The novelist Travis Jeppesen has said that ‘stylistically the work is neither home movie nor high art, but perhaps a little of both’. A kaleidoscopic collage of kitsch, a camp weather report, and moments of profundity all combine with canned muzak and cheesy special effects. With the idiosyncratic Kuchar eye he skillfully created a unique and bizarre elemental symphony. Unexpected beauty, incisive wit and general wackiness all fly in the face of the oncoming force of nature. If anyone could paint a poetic portrait of extreme weather, it was George.
George’s meteorological obsession stemmed from a love of Eric Sloane’s books, another artist interested in Americana and weather. Taking his passion beyond the confines of the Bronx and the page, George made it a reality; ‘it’s thrilling to look at nature from a distance’ he told me. He also exploited low fidelity to the extreme, and as a DIY master observed that, having had such a range of portable special effects on his computer, he may as well use them when editing in his motel room.
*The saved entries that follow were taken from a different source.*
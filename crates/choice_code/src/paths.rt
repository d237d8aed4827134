//! Leaves behind patterns that stand on a path.

ghost use Rattle.std.specs.Prelude.{◌≡◌, ◌∷◌, ℕ, List, None, Option, Some, IfOk, [], map, slice_get, if◌then◌else◌};
ghost use Rattle.conversion_model.specs.Chosen.{Ending, Ranked, chosen as chosen_leaves, order, products as all_products};
ghost use Rattle.conversion_target.specs.Targets.{target_of};
ghost use Rattle.legal_graph.specs.Graphs.{order_in_graph};
ghost use Rattle.choice_code.specs.Choosing.{by_row_at};
ghost use Rattle.choice_code.specs.Drafts.{behind, done_of, going_on, state_of};
ghost use Rattle.choice_code.specs.Plain.{plain_or_none, plain_step};
ghost use Rattle.row_code.specs.Shapes.{shape_of};

use crate::derivation::{Pass, by_pattern, chosen_within, levels, products};
use crate::draft::Draft;
use conversion_model::{StepTree, TemplateTree};
use row_code::{Rows, ShapeTree};
use std::alloc::Global;
use tree_model::NoMemory;

/// The leaves of the chosen derivation of an operation by patterns that are not on the path.
pub fn leaves_on<R: Rows>(
    alloc: Global,
    pass: &Pass<'_, R>,
    path: &[u32],
    shape: &ShapeTree,
) -> Result<Option<TemplateTree>, NoMemory>
    requires { (name : List ℕ) → order_in_graph pass.now.graph.now name ≡ map (λ (r : Ranked). r.place) (order (target_of pass.now.target.now) (R.table pass.now.set.now) name) }
    ensures { IfOk result (λ t. plain_or_none t ≡ chosen_leaves pass.now.bits (target_of pass.now.target.now) (R.table pass.now.set.now) path.now (shape_of shape.now)) }
{
    let room = levels(pass.set.infos())?;
    let found = chosen_within(alloc, pass, room, path, shape)?;
    Ok(found)
}

/// The template of the straight row at a place, with the leaves of its products by patterns other than that one.
pub fn row_leaves<R: Rows>(
    alloc: Global,
    pass: &Pass<'_, R>,
    place: u32,
    shape: &ShapeTree,
) -> Result<Option<TemplateTree>, NoMemory>
    requires { (name : List ℕ) → order_in_graph pass.now.graph.now name ≡ map (λ (r : Ranked). r.place) (order (target_of pass.now.target.now) (R.table pass.now.set.now) name) }
    ensures { IfOk result (λ t. plain_or_none t ≡ by_row_at pass.now.bits (chosen_leaves pass.now.bits (target_of pass.now.target.now) (R.table pass.now.set.now) (place ∷ [])) (shape_of shape.now) (slice_get (R.table pass.now.set.now) place)) }
{
    let room = levels(pass.set.infos())?;
    let found = by_pattern(alloc, pass, room, &[], shape, place)?;
    Ok(found)
}

/// The leaves of each product in order by patterns that are not on the path, as far as all are legalised.
pub fn products_on<R: Rows>(
    alloc: Global,
    pass: &Pass<'_, R>,
    path: &[u32],
    steps: &[StepTree],
    draft: &mut Draft,
) -> Result<bool, NoMemory>
    requires { (name : List ℕ) → order_in_graph pass.now.graph.now name ≡ map (λ (r : Ranked). r.place) (order (target_of pass.now.target.now) (R.table pass.now.set.now) name) }
    ensures { IfOk result (λ good. (last : Ending) → behind (done_of draft.old) (all_products (chosen_leaves pass.now.bits (target_of pass.now.target.now) (R.table pass.now.set.now) path.now) last (map plain_step steps.now) (state_of draft.old)) ≡ (if good then going_on draft.new last else None)) }
{
    let room = levels(pass.set.infos())?;
    let good = products(alloc, pass, room, path, steps, draft)?;
    Ok(good)
}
His process was down to ‘what looks and feels right’, never over-thinking a creative decision, instead making them very much in and of the moment.
Last month I saw the most recent and final entry in his ‘Weather Diaries’ in ‘SF Tropical’, a quirky group show at Queens Nails Projects in San Francisco. A seamless carousel of clips wove together a cacophony of student-enacted flashbacks, peep holes, Oh Yeah! chocolate bars, Mexican food, Indian food, the weather channel, evacuations, his dog and the rain – all framed by George’s call to action: ‘The storm sirens are on.’ Local art school students participated in this particular diary video, making a film within a film, whilst George played both himself and what seemed to be a fictitious character. Like his films, George was playful and created an immediacy and vitality in his work. The students in the video clearly loved his irreverent humour, and took him out for meals. He liked Indian food and watching George devour a mango lassi in lurid detail was enough to make one rush out to the nearest Indian food truck.
The poetry and intimacy at the heart of the work illuminated George’s wonderful spirit: the rain falling on the air conditioner, the filmmaker talking about the storm moving in and ‘the storms in my life’ in his refreshingly frank manner. His diaries ‘start with people and end with people’.
George had recently given up teaching due to his ill health and had hoped to have some time to work on his paintings, which he always introduced one way or another in the ‘Weather Diaries’, creating another relationship between himself, the videos and the people who populate them. George leaves behind a truly inspirational legacy and a heartfelt loss to his many fans.
An exhibition of George Kuchar’s work at the San Francisco Art Institute’s Walter and McBean Galleries is planned for spring 2012.